# My Tiny collection...



## waynestractor (Apr 12, 2016)

Probably the smallest collection here, but I'll show it off anyhow. I've had the Nebo O2Beam the longest, and have a love hate relationship with it, which is my fault. First, I shouldn't have bought what I thought was an awesome flashlight at the local tool store, but that's the flashlight virgin coming out in me! Second, I never should have left alkaline batteries in it, but considering I used it at least once a week walking the dogs at night I wasn't concerned about it, but alas, they leaked. I now have it cleaned and working good so far, and only use my Powerex batteries in it now, of which I have tons of for my camera equipment.

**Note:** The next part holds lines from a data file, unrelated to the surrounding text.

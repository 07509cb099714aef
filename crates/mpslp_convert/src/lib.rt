//! Conversions between MPS and LP, and the jobs of the program.
//!
//! [`canonical`], [`same_model`] and [`is_canonical`] are for bytes in memory; [`load`], [`run`] and [`show`] are between a source
//! and a sink, with [`report`] and [`line_of`] for errors. They are for any two formats, such as `Mps` and `Lp` of mpslp_write.
//! [`job`] makes a job of the program's arguments, and [`perform`] does it.
//!
//! Each call that needs a seed for the hashes of names has a form with a seed, such as [`canonical_seeded`]. This crate re-exports
//! what users need of the crates below it.
#![tactic(auto)]

mod job_end;
mod job_runner;
pub mod laws;

pub use job_runner::{perform, perform_seeded};
pub use mpslp_command::{Job, JobFault, Word, job};
pub use mpslp_conversions::{
    ConvertFault, Line, RunFault, canonical, canonical_seeded, is_canonical, is_canonical_seeded,
    line_of, load, report, run, run_seeded, same_model, same_model_seeded, show, show_seeded,
};
pub use mpslp_types::Form;
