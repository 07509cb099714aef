//! Laws of any formats. Each law is the contract of a function that does nothing.

pub use mpslp_conversions::laws::{headline, texts_are_injective};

The second oldest is my Fenix HP30 headlight, which I now use for walking the dogs and for work. I love everything about this light, especially the usb charging port on the external battery pack.

The newest additions, for which I haven't spent enough time with yet to form much of an educated opinion of, are, the Fenix LD75C with Fenix 3500mAh batteries. It's a nice light but a monster in the hand! The Eagletac SX25A6, a much smaller but still very bright light, which will probably live in my truck, and the Armytek Partner A1 V2, a small but impressive little light.

I have to say the Nebo, which is obviously not considered a hi end light by any stretch, has a very crisp light with little spill, and an adjustable beam from a perfect circle at full width to a super long throwing beam that gives the shape of the emitter, is really a very versatile light! All things considered, it really isn't all that bad(even though I pretty much called it junk in another thread)for the price.


----------



## SG Hall (Apr 13, 2016)

Hi waynestractor. Thanks for showing off your collection! With Fenix and Eagletac you are on the right path. If you are in the market for a new high end light, you are in the right place on CPF. [emoji106]


----------



## waynestractor (Apr 13, 2016)

I have been a lurker here on and off for a few years but finally decided to sign up and get a little more into the hi end lights. I was pretty confident in the Fenix lights as I've had the HP30 for a year or so now and it's an amazing headlamp! The others I decided on after lots of reading here and some of the great reviews!


----------



## SG Hall (Apr 13, 2016)

Fenix are very highly thought of here, and rightly so. Their recent releases do not utilise the best LED options ( at times ) and other manufacturers are more innovative/exciting. Personally I like Nitecore and Olight, but for robust build Fenix would have the edge, albeit marginally. If you've been lurking, you know all of that anyway! For sheer performance, Vinh is the man!


----------



## harro (Apr 13, 2016)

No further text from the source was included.